-- Task statement --
Search the material for "cbit" and copy each line in which it is found.

-- Records shown --
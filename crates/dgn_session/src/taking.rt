// An edit is taken back. It takes no memory.

ghost use Rattle.std.specs.Prelude.{◌≡◌, ◌≤◌, ◌↔◌, [], length, IsNone, IfSome};
ghost use Rattle.undo_log.specs.Entries.{IsUndone};
ghost use Rattle.dgn_session.specs.Kept.{IsKept};
ghost use Rattle.dgn_session.specs.CarryingOut.{HasLast, IsCutAt};

use dgn_drawing::MOST_DESIGN;
use elem_index::Design;
use nest_tree::types::Nest;
use undo_log::{Entry, Log};

/// The length of the body before the last edit, in bytes; none exactly where there is no entry.
pub fn last_len(entries: &[Entry]) -> Option<u32>
    ensures none { IsNone result ↔ (entries.now ≡ []) }
    ensures last { IfSome result (HasLast entries.now) }
{
    match entries {
        [.., last] => Some(last.len),
        [] => None,
    }
}

// How many elements are left where those at byte `len` and behind it are cut off.
fn count_below(offsets: &[u32], len: u32) -> u32
    requires { length offsets.now ≤ MOST_DESIGN }
    ensures { IsCutAt offsets.now len result }
{
    let mut count = offsets.len();
    'back: while count > 0 {
        if offsets[count - 1] < len {
            break;
        }
        count -= 1;
    }
    count as u32
}

/// Writes the last entry back, whose length is `len` (`last_len`), drops it, and cuts offsets and nesting to the elements of
/// the body before. It takes no memory.
pub fn take_back(design: &mut Design, nest: &mut Nest, log: &mut Log, len: u32)
    requires kept { IsKept design.old nest.old log.old }
    requires last { HasLast log.old.entries len }
    ensures kept { IsKept design.new nest.new log.new }
    ensures dim { design.new.dim ≡ design.old.dim }
    ensures tail { design.new.tail.items ≡ design.old.tail.items }
    ensures undone { IsUndone log.old.entries design.old.body.items log.new.entries design.new.body.items }
{
    let count = count_below(design.offsets(), len);
    log.undo(&mut design.body);
    design.shrink(count);
    nest.shrink(count);
}
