use std::alloc::AllocError;

/// Why nothing was selected.
#[derive(Clone, Copy, Debug, PartialEq, Eq)]
pub enum SelectFault {
    /// No fence is set.
    NoFence,
    /// There was no memory for the numbers.
    Memory,
}

impl From<AllocError> for SelectFault {
    ghost use Rattle.std.specs.Prelude.{◌≡◌};
    ghost use Rattle.dgn_session.specs.declared.select_fault.SelectFault.TheVariants as faults;

    ghost from_gives = { λ _ fault. fault ≡ faults.Memory };

    fn from(_: AllocError) -> Self {
        SelectFault::Memory
    }
}
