// The nesting follows what an edit appends, block by block: no more rows are kept than those of a block.

ghost use Rattle.std.specs.Prelude.{◌≡◌, ◌≤◌, [], ◌∷◌, ◌++◌, length, IfOk, OnOk, OnErr};
ghost use Rattle.dgn_session.specs.CarryingOut.{IsSpelling, IsBlock, ExtendsRows, Grows};

use dgn_drawing::{MOST_DESIGN, Row, row_of};
use elem_head::head;
use nest_tree::types::Nest;
use std::alloc::{AllocError, Global};

// How many bytes say the size of an element.
const HEAD_END: usize = 4;

// How many rows a block has at the least, if there are so many.
const BLOCK: usize = 4096;

// Grows the nesting by the elements that the bytes spell, and says how many these are. Where there is no memory, it may
// have grown by some of them.
pub(crate) fn nest_appended(alloc: Global, nest: &mut Nest, bytes: &[u8]) -> Result<u32, AllocError>
    requires spelled { IsSpelling bytes.now }
    requires bytes_bounded { length bytes.now ≤ MOST_DESIGN }
    requires rows_bounded { length nest.old.rows ≤ MOST_DESIGN }
    ensures grown { IfOk result (Grows bytes.now nest.old.rows nest.new.rows) }
    ensures begun { OnErr result (ExtendsRows nest.old.rows nest.new.rows) }
{
    let mut rows = Vec::new(alloc);
    let mut rest = bytes;
    let mut count = 0;
    'blocks: while !rest.is_empty() {
        let size = read_block(rest, &mut rows)?;
        nest.reserve(rows.len() as u32)?;
        nest.grow(&rows);
        count += rows.len() as u32;
        let (_, behind) = rest.split_at(size);
        rest = behind;
    }
    Ok(count)
}

// Puts the rows of the first elements that the bytes spell in place of what the list holds: of 4096 and of those with
// bit C that follow, or of as many as there are. So what is behind them nests apart. The answer is how many bytes they
// have.
fn read_block(bytes: &[u8], rows: &mut Vec<Row>) -> Result<usize, AllocError>
    requires { IsSpelling bytes.now }
    ensures block { IfOk result (IsBlock bytes.now rows.new.items) }
{
    rows.clear();
    let mut at = 0;
    'elements: while at < bytes.len() {
        let (_, rest) = bytes.split_at(at);
        let size = HEAD_END + 2 * usize::from(head(rest).words);
        let (first, _) = rest.split_at(size);
        let row = row_of(first);
        if BLOCK <= rows.len() && !row.cbit {
            return Ok(at);
        }
        push_row(rows, row, rest)?;
        at += size;
    }
    Ok(at)
}

// Adds a row behind the others. `bytes` begin with its element. Where a block goes on beyond its least length, with the
// members of a long tree, room is made once, for twice as many rows as these are: the list is then a piece of memory of
// its own, which the system has back with it, while one that grows step by step leaves each former place behind.
fn push_row(rows: &mut Vec<Row>, row: Row, bytes: &[u8]) -> Result<(), AllocError>
    ensures { OnOk result (rows.new.items ≡ rows.old.items ++ row ∷ []) }
{
    if rows.len() == BLOCK {
        rows.reserve(count_members(bytes).saturating_mul(2))?;
    }
    rows.push(row)?;
    Ok(())
}

// How many elements with bit C the bytes begin with: no more than there are bytes, so that room for them is no more than in
// proportion.
fn count_members(bytes: &[u8]) -> usize
    ensures { result ≤ length bytes.now }
{
    let mut rest = bytes;
    let mut count = 0usize;
    'members: while HEAD_END <= rest.len() {
        let head = head(rest);
        let size = HEAD_END + 2 * usize::from(head.words);
        if !head.cbit || rest.len() < size {
            break;
        }
        let (_, behind) = rest.split_at(size);
        rest = behind;
        count = count.saturating_add(1);
    }
    count
}
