/// Each operation of `append` is cut and fails, behind each number of cells, up to a side with 252.
#[test]
fn a_struck_cell_takes_at_most_its_place(rt: HostRuntime) -> Result<(), Fail> {
    let rows = [
        (1, Left::Nothing, 252, 252),
        (1, Left::Whole, 126, 126),
        (1, Left::Seed(7), 126, 126),
        (2, Left::Nothing, 126, 126),
        (2, Left::Whole, 126, 252),
        (2, Left::Seed(9), 126, 126),
    ];
    for (after, left, turns, cells) in rows {
        for kind in [ArmKind::Cut, ArmKind::Fail] {
            if 1 <= after {
                let arm = Arm {
                    kind,
                    region: Region::Progress,
                    after,
                    left,
                };
                fill_struck(&rt, rt.alloc(), sizes(512, 8), arm, turns, cells)?;
                fill_struck(&rt, rt.alloc(), sizes(4096, 1), arm, turns, cells)?;
            }
        }
    }
    Ok(())
}

/// A body with room for one cell: the second is refused, before any operation.
#[test]
fn a_full_side_takes_no_cell(rt: HostRuntime) -> Result<(), Fail> {
    let large = [0x33u8; 4056];
    let (mut flash, place) = fresh(rt.alloc(), sizes(4096, 8))?;
    let mut bank = Bank::make(&mut flash, place, 5, &large)?;
    bank.append(&mut flash, b"first")?;
    let before = (flash.changes(), flash.read_bytes());
    assert_eq!(rt; bank.append(&mut flash, b"other"), Err(BankFault::Full));
    assert_eq!(rt; (flash.changes(), flash.read_bytes()), before);
    assert_eq!(rt; (before, bank.cells(), bank.is_sure()), ((4, 0), 1, true));
    Ok(())
}
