// The requests of sessions, codes 1 to 6: open, close, start, end, activate and drop.
#![tactic(auto)]

ghost use Rattle.std.specs.Prelude.{◌≡◌, ◌≤◌};
ghost use Rattle.table.specs.Reading.{state};
ghost use Rattle.requests.specs.Request.{ask};
ghost use Rattle.requests.specs.Answer.{number_of};
ghost use Rattle.rbac.specs.Roles.{opens, closes, starts, ends, activates, drops};
ghost use Rattle.rbac.specs.Guard.{allowed_sound, sound_step};
ghost use Rattle.rbac.specs.Served.{Ranged, Served};
ghost use Rattle.sessions.specs.Sessions.{session_step};

use requests::{Answer, Refusal};
use table::layout::{ACTIVE, HOLDS, MASKS, OWNER, WORDS};

// Whether session s may open object o in mode x: its mask has it.
fn may_open(t: &[u64; WORDS], s: usize, o: usize, x: usize) -> bool
    requires { Ranged (opens s o x) }
    ensures { result ≡ allowed_sound (state t.now) (opens s o x) }
{
    bits::has(t[MASKS + 8 * s + x], o)
}

// Session s opens object o in mode x, where it may.
fn open(t: &mut [u64; WORDS], s: usize, o: usize, x: usize) -> bool
    requires { Ranged (opens s o x) }
    ensures { Served t.old t.new result (opens s o x) }
{
    if !may_open(t, s, o, x) {
        return false;
    }
    let at = HOLDS + 8 * s + x;
    t[at] = bits::with(t[at], o);
    true
}

// Session s closes object o in mode x.
fn close(t: &mut [u64; WORDS], s: usize, o: usize, x: usize) -> bool
    requires { Ranged (closes s o x) }
    ensures { Served t.old t.new result (closes s o x) }
{
    let at = HOLDS + 8 * s + x;
    t[at] = bits::without(t[at], o);
    true
}

// The idle session s is given to user u with these roles active, where all of them are authorised for u and fit the dynamic sets.
fn start(t: &mut [u64; WORDS], s: usize, u: usize, roles: u64) -> bool
    requires { Ranged (starts s u roles) }
    ensures { Served t.old t.new result (starts s u roles) }
{
    if t[OWNER + s] != 0 {
        return false;
    }
    if !bits::subset(roles, table::authorised_roles(t, u)) {
        return false;
    }
    if !separation::dynamic_fit(t, roles) {
        return false;
    }
    t[OWNER + s] = u as u64 + 1;
    t[ACTIVE + s] = roles;
    masks::refresh(t, s);
    true
}

// Session s is made idle, without roles and openings, and may open nothing.
fn end(t: &mut [u64; WORDS], s: usize) -> bool
    requires { Ranged (ends s) }
    ensures { Served t.old t.new result (ends s) }
{
    if t[OWNER + s] == 0 {
        return false;
    }
    t[OWNER + s] = 0;
    t[ACTIVE + s] = 0;
    t[HOLDS + 8 * s..HOLDS + 8 * s + 8].fill(0);
    t[MASKS + 8 * s..MASKS + 8 * s + 8].fill(0);
    true
}

// Role r becomes active in session s, where it is authorised and the active roles then fit the dynamic sets.
fn activate(t: &mut [u64; WORDS], s: usize, r: usize) -> bool
    requires { Ranged (activates s r) }
    ensures { Served t.old t.new result (activates s r) }
{
    if !table::may_activate(t, s, r) {
        return false;
    }
    let old = t[ACTIVE + s];
    let more = bits::with(old, r);
    if !separation::dynamic_fit(t, more) {
        return false;
    }
    t[ACTIVE + s] = more;
    if bits::has(old, r) {
        return true;
    }
    masks::refresh(t, s);
    true
}

// Role r is no longer active in session s; put back where something that s holds would not be effective.
fn drop(t: &mut [u64; WORDS], s: usize, r: usize) -> bool
    requires { Ranged (drops s r) }
    ensures { Served t.old t.new result (drops s r) }
{
    let old = t[ACTIVE + s];
    let less = bits::without(old, r);
    t[ACTIVE + s] = less;
    if !bits::has(old, r) {
        return true;
    }
    let masks = table::effective_permissions(t, s);
    if sound::openings_within(t, s, &masks) {
        t[MASKS + 8 * s..MASKS + 8 * s + 8].copy_from_slice(&masks);
        return true;
    }
    t[ACTIVE + s] = old;
    false
}

// The request of a code from 1 to 6 on a table that is known to be sound.
fn perform(t: &mut [u64; WORDS], code: u64, a: u64, b: u64, c: u64) -> Answer
    requires { (1 ≤ code) × (code ≤ 6) }
    ensures answer { number_of result ≡ (sound_step t.old (ask code a b c)).answer }
    ensures table { t.new ≡ (sound_step t.old (ask code a b c)).state }
{
    if !rbac::in_range(code, a, b, c) {
        return Err(Refusal::BadArgument);
    }
    let (a, b, c) = (a as usize, b as usize, c as usize);
    Ok(match code {
        1 => open(t, a, b, c),
        2 => close(t, a, b, c),
        3 => start(t, a, b, c as u64),
        4 => end(t, a),
        5 => activate(t, a, b),
        _ => drop(t, a, b),
    })
}

// A request of a session on a table that is known to be sound; another code is refused.
pub fn serve(t: &mut [u64], code: u64, a: u64, b: u64, c: u64) -> Answer
    ensures answer { number_of result ≡ (session_step t.old (ask code a b c)).answer }
    ensures table { t.new ≡ (session_step t.old (ask code a b c)).state }
{
    match code {
        1..=6 => perform(t.as_mut_array().ok_or(Refusal::WrongLength)?, code, a, b, c),
        _ => Err(Refusal::BadCode),
    }
}

// What an opening would be answered on a table that is known to be sound.
pub fn opening(t: &[u64], s: u64, o: u64, x: u64) -> Answer
    ensures { number_of result ≡ (sound_step t.now (ask 1 s o x)).answer }
{
    let table = t.as_array::<WORDS>().ok_or(Refusal::WrongLength)?;
    if !rbac::in_range(1, s, o, x) {
        return Err(Refusal::BadArgument);
    }
    Ok(may_open(table, s as usize, o as usize, x as usize))
}
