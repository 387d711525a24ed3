// The plug-pull bench: replays the save procedure in use today on the trial drive, and chooses the
// store that each cut hits.
#![tactic(auto)]

mod tally;

use device::{Cut, Manner, Trial};
use saving::{Job, Report, replay};
use std::alloc::{AllocError, Global};
use std::io;
use tally::{Fault, Tally};

const MANNERS: [Manner; 3] = [Manner::Old, Manner::New, Manner::Unreadable];

// more stores than a save or a recovery makes
const FAR: u32 = 64;

// A job whose part i is filled with `first + i`.
fn job(first: u8) -> Job {
    Job {
        parts: [0, 1, 2, 3, 4, 5, 6, 7].map(|i| [first.wrapping_add(i); 512]),
    }
}

// A drive of 17 readable blocks that holds the job, no spare copy and no marker.
fn drive(heap: Global, job: &Job, first: Cut, second: Cut) -> Result<Trial, AllocError> {
    let mut bytes = Vec::new(heap);
    bytes.extend_from_slice(job.parts.as_flattened())?;
    bytes.resize(17 * 512, 0)?;
    let marks = vec![in heap; 0; 17]?;
    let mut cuts = [Cut::NEVER; 8];
    cuts[..2].copy_from_slice(&[first, second]);
    Ok(Trial::new(bytes, marks, cuts))
}

fn run(heap: Global, first: Cut, second: Cut) -> Result<Report, AllocError> {
    let old = job(0x10);
    let new = job(0x80);
    let mut drive = drive(heap, &old, first, second)?;
    Ok(replay(&mut drive, &old, &new))
}

// Visits the cuts in turn, each store left old, new and unreadable, as long as the visit goes on.
fn each_cut<F: FnMut(Cut) -> Result<bool, AllocError>>(mut visit: F) -> Result<(), AllocError>
    requires { F.IsAlwaysCallable visit }
{
    for cut in (1..FAR).flat_map(|at| MANNERS.map(|manner| Cut { at, manner })) {
        if !visit(cut)? {
            return Ok(());
        }
    }
    Ok(())
}

// Every first cut alone.
fn one_cut(heap: Global) -> Result<Tally, AllocError> {
    let mut tally = Tally::new(heap);
    each_cut(|first| {
        let report = run(heap, first, Cut::NEVER)?;
        if report.saved {
            return Ok(false);
        }
        tally.note(first, None, report.outcome)?;
        Ok(true)
    })?;
    Ok(tally)
}

// Every first cut with every second cut that the recovery reaches.
fn two_cuts(heap: Global) -> Result<Tally, AllocError> {
    let mut tally = Tally::new(heap);
    each_cut(|first| {
        if run(heap, first, Cut::NEVER)?.saved {
            return Ok(false);
        }
        each_cut(|second| {
            let report = run(heap, first, second)?;
            if report.cuts == 0 {
                return Ok(false);
            }
            tally.note(first, Some(second), report.outcome)?;
            Ok(true)
        })?;
        Ok(true)
    })?;
    Ok(tally)
}

fn show_fault(rt: &HostRuntime, fault: &Fault) -> io::Result<()> {
    let Cut { at, manner } = fault.first;
    print!(rt; "    save cut at store {at:>2}, left {manner:<10}")?;
    if let Some(Cut { at, manner }) = fault.second {
        print!(rt; "  recovery cut at store {at}, left {manner:<10}")?;
    }
    println!(rt; "  {}", fault.outcome)
}

fn show(rt: &HostRuntime, title: &str, tally: &Tally) -> io::Result<()> {
    println!(rt; "{title}")?;
    println!(rt; "  runs                {:>4}", tally.runs)?;
    println!(rt; "  whole old job       {:>4}", tally.old)?;
    println!(rt; "  whole new job       {:>4}", tally.new)?;
    println!(rt; "  ended otherwise     {:>4}", tally.faults.len())?;
    for fault in tally.faults.iter() {
        show_fault(rt, fault)?;
    }
    println!(rt; "")
}

fn main(rt: HostRuntime) -> io::Result<()> {
    println!(rt; "Plug-pull bench: the save procedure in use today")?;
    println!(rt; "")?;
    println!(rt; "  job: nest in blocks 0-1, contours in 2-4, head path in 5-7")?;
    println!(rt; "  save: copy the new job to the spare blocks 8-15, set the marker in 16,")?;
    println!(rt; "        copy the job over the old one, take the marker away")?;
    println!(rt; "  recovery: if the marker is there, copy once more and take it away")?;
    println!(rt; "")?;
    let heap = rt.alloc();
    show(
        &rt,
        "One cut, during the save: every store, left old, new or unreadable",
        &one_cut(heap)?,
    )?;
    show(
        &rt,
        "Two cuts: each of those, and then every cut of the recovery",
        &two_cuts(heap)?,
    )
}
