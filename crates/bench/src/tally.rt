// Counts how replays end, and keeps those that end with neither job whole.
use device::Cut;
use saving::Outcome;
use std::alloc::{AllocError, Global};

/// A replay that left neither the old job nor the new one whole.
#[derive(Drop)]
pub struct Fault {
    pub first: Cut,
    pub second: Option<Cut>,
    pub outcome: Outcome,
}

#[derive(Drop)]
pub struct Tally {
    pub runs: u32,
    pub old: u32,
    pub new: u32,
    pub faults: Vec<Fault>,
}

impl Tally {
    pub(crate) fn new(heap: Global) -> Tally {
        Tally {
            runs: 0,
            old: 0,
            new: 0,
            faults: Vec::new(heap),
        }
    }

    pub(crate) fn note(
        &mut self,
        first: Cut,
        second: Option<Cut>,
        outcome: Outcome,
    ) -> Result<(), AllocError> {
        self.runs = self.runs.saturating_add(1);
        match outcome {
            Outcome::Old => self.old = self.old.saturating_add(1),
            Outcome::New => self.new = self.new.saturating_add(1),
            _ => self.faults.push(Fault {
                first,
                second,
                outcome,
            })?,
        }
        Ok(())
    }
}
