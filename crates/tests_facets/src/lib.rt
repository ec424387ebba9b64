//! Tests of the keys of facets, the facet index, and the sets that filters select.
//!
//! They stand in a crate of their own, so that the crates they try are proved once and not twice. The crate has nothing
//! but tests, and promises nothing.
#![tactic(auto)]

#[cfg(test)]
mod checks;
#[cfg(test)]
mod facets;
#[cfg(test)]
mod films;
#[cfg(test)]
mod filter_texts;
#[cfg(test)]
mod filters;
#[cfg(test)]
mod sorts;
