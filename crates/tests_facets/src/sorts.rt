use crate::checks::{set, word};
use crate::facets::{DocLeaves, commit};
use doc_sets::DocSet;
use facet_index::FacetIndex;
use search_base::{CostKey, DocId, FacetValue, Leaf, Mark, MarkKind, PathId, SortKey};
use std::alloc::Global;
use std::process::Abort;

const YEAR: PathId = PathId(0);

const GENRES: PathId = PathId(1);

const ALL: [u32; 5] = [0, 1, 2, 3, 9];

// A document of these years and genres, which exist where there are some. Document 1 has an empty genre too, and 2 null.
fn document(rt: &impl Abort, alloc: Global, id: u32, years: &[i128], genres: &[&str]) -> DocLeaves {
    let mut leaves = Vec::new(alloc);
    let mut marks = Vec::new(alloc);
    for year in years {
        leaves
            .push(Leaf {
                path: YEAR,
                value: FacetValue::Number(*year),
                shown: word(rt, alloc, "a year"),
            })
            .expect(rt, "memory");
    }
    for genre in genres {
        leaves
            .push(Leaf {
                path: GENRES,
                value: FacetValue::Text(word(rt, alloc, genre)),
                shown: word(rt, alloc, genre),
            })
            .expect(rt, "memory");
    }
    for (path, some) in [(YEAR, !years.is_empty()), (GENRES, !genres.is_empty())] {
        if some {
            let kind = MarkKind::Exists;
            marks.push(Mark { path, kind }).expect(rt, "memory");
        }
    }
    for (of, kind) in [(1, MarkKind::Empty), (2, MarkKind::Null)] {
        if of == id {
            let path = GENRES;
            marks.push(Mark { path, kind }).expect(rt, "memory");
        }
    }
    DocLeaves {
        id: DocId(id),
        leaves,
        marks,
    }
}

// Four documents.
pub(crate) fn standing(rt: &impl Abort, alloc: Global) -> Vec<DocLeaves> {
    Vec::from_array(
        alloc,
        [
            document(rt, alloc, 0, &[1999, 2012], &["drama", "action"]),
            document(rt, alloc, 1, &[2005], &["Zoo"]),
            document(rt, alloc, 2, &[], &[]),
            document(rt, alloc, 3, &[2002], &["drama"]),
        ],
    )
    .expect(rt, "memory")
}

// A fifth document, which went.
pub(crate) fn gone(rt: &impl Abort, alloc: Global) -> Vec<DocLeaves> {
    Vec::from_array(alloc, [document(rt, alloc, 9, &[-3], &["a"])]).expect(rt, "memory")
}

// The index of the four documents, after the fifth.
pub(crate) fn index(rt: &impl Abort, alloc: Global) -> FacetIndex {
    let mut index = FacetIndex::new(alloc);
    let gone = gone(rt, alloc);
    commit(rt, alloc, &mut index, &[], &gone);
    commit(rt, alloc, &mut index, &gone, &standing(rt, alloc));
    index
}

// Whether the set has exactly these documents of all.
pub(crate) fn is(docs: &DocSet, ids: &[u32]) -> bool {
    ALL.iter()
        .all(|id| docs.contains(DocId(*id)) == ids.contains(id))
}

fn number(up: bool, n: i128) -> CostKey {
    let key = SortKey::Number(n);
    if up {
        CostKey::Up(key)
    } else {
        CostKey::Down(key)
    }
}

fn text(rt: &impl Abort, alloc: Global, up: bool, form: &str) -> CostKey {
    let key = SortKey::Text(word(rt, alloc, form));
    if up {
        CostKey::Up(key)
    } else {
        CostKey::Down(key)
    }
}

#[test]
fn keys_in_both_directions(rt: HostRuntime) {
    let alloc = rt.alloc();
    let index = index(&rt, alloc);
    let all = set(&rt, alloc, &ALL);
    // A path, a direction, and its keys in order with their documents.
    let rows = [
        (
            YEAR,
            true,
            [number(true, 1999), number(true, 2002), number(true, 2005)],
            [0, 3, 1],
        ),
        (
            YEAR,
            false,
            [
                number(false, 2012),
                number(false, 2005),
                number(false, 2002),
            ],
            [0, 1, 3],
        ),
    ];
    for (path, up, keys, ids) in &rows {
        let mut last: Option<&CostKey> = None;
        for (key, id) in keys.iter().zip(ids.iter()) {
            let next = index
                .next_sort(alloc, *path, *up, last, &all)
                .expect(&rt, "memory");
            assert!(rt; next.as_ref() == Some(key));
            let docs = index
                .sort_docs(alloc, *path, *up, key, &all)
                .expect(&rt, "memory");
            assert!(rt; is(&docs, &[*id]));
            last = Some(key);
        }
        assert!(rt;
            index
                .next_sort(alloc, *path, *up, last, &all)
                .expect(&rt, "memory")
                .is_none()
        );
    }
}

#[test]
fn keys_that_no_document_of_the_universe_has_are_passed(rt: HostRuntime) {
    let alloc = rt.alloc();
    let index = index(&rt, alloc);
    // The documents of the universe, a direction, a key and the one that comes first after it.
    for (ids, up, after, next) in [
        ([1].as_slice(), true, None, Some(number(true, 2005))),
        ([1].as_slice(), true, Some(number(true, 2005)), None),
        (
            [1, 3].as_slice(),
            false,
            Some(number(false, 2012)),
            Some(number(false, 2005)),
        ),
        ([3].as_slice(), false, None, Some(number(false, 2002))),
        ([].as_slice(), true, None, None),
    ] {
        let universe = set(&rt, alloc, ids);
        let found = index
            .next_sort(alloc, YEAR, up, after.as_ref(), &universe)
            .expect(&rt, "memory");
        assert!(rt; found == next);
    }
}

#[test]
fn texts_and_what_is_missing(rt: HostRuntime) {
    let alloc = rt.alloc();
    let index = index(&rt, alloc);
    let all = set(&rt, alloc, &ALL);
    let missing = CostKey::Up(SortKey::Missing);
    // A direction, the key that comes first after another, and the documents of the one that is asked for.
    for (up, after, next) in [
        (true, None, Some(text(&rt, alloc, true, "Zoo"))),
        (
            true,
            Some(text(&rt, alloc, true, "Zoo")),
            Some(text(&rt, alloc, true, "action")),
        ),
        (true, Some(text(&rt, alloc, true, "drama")), None),
        (true, Some(missing), None),
        (false, None, Some(text(&rt, alloc, false, "drama"))),
        (
            false,
            Some(text(&rt, alloc, false, "drama")),
            Some(text(&rt, alloc, false, "Zoo")),
        ),
        (false, Some(text(&rt, alloc, false, "Zoo")), None),
        (
            false,
            Some(text(&rt, alloc, true, "Zoo")),
            Some(text(&rt, alloc, false, "drama")),
        ),
    ] {
        let found = index
            .next_sort(alloc, GENRES, up, after.as_ref(), &all)
            .expect(&rt, "memory");
        assert!(rt; found == next);
    }
    for (up, key, ids) in [
        (true, text(&rt, alloc, true, "action"), [0].as_slice()),
        (true, text(&rt, alloc, true, "drama"), [3].as_slice()),
        (false, text(&rt, alloc, false, "drama"), [0, 3].as_slice()),
        (true, text(&rt, alloc, false, "drama"), [].as_slice()),
        (true, CostKey::Up(SortKey::Missing), [].as_slice()),
        (true, number(true, 2005), [].as_slice()),
    ] {
        let docs = index
            .sort_docs(alloc, GENRES, up, &key, &all)
            .expect(&rt, "memory");
        assert!(rt; is(&docs, ids));
    }
}
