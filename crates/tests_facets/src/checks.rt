use doc_sets::DocSet;
use search_base::{DocId, Word};
use std::alloc::Global;
use std::process::Abort;

// Whether a row has what it is to have.
pub(crate) fn check(rt: &impl Abort, holds: bool, row: &str) {
    assert!(rt; holds, "{row}");
}

pub(crate) fn word(rt: &impl Abort, alloc: Global, text: &str) -> Word {
    Word::new(alloc, text).expect(rt, "memory")
}

pub(crate) fn set(rt: &impl Abort, alloc: Global, ids: &[u32]) -> DocSet {
    let mut set = DocSet::new(alloc);
    for id in ids {
        let _new = set.insert(DocId(*id)).expect(rt, "memory");
    }
    set
}

// These documents and five hundred others, beside which the list of a value is short.
pub(crate) fn wide_set(rt: &impl Abort, alloc: Global, ids: &[u32]) -> DocSet {
    let mut set = set(rt, alloc, ids);
    for id in 1_000..1_500_u32 {
        let _new = set.insert(DocId(id)).expect(rt, "memory");
    }
    set
}

// The set has exactly these documents.
pub(crate) fn check_ids(rt: &impl Abort, docs: &DocSet, ids: &[u32], row: &str) {
    check(rt, docs.len() == ids.len() as u64, row);
    for id in ids {
        check(rt, docs.contains(DocId(*id)), row);
    }
}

-- Response for this exercise --
        if BLOCK <= rows.len() && !row.cbit {
        if !head.cbit || rest.len() < size {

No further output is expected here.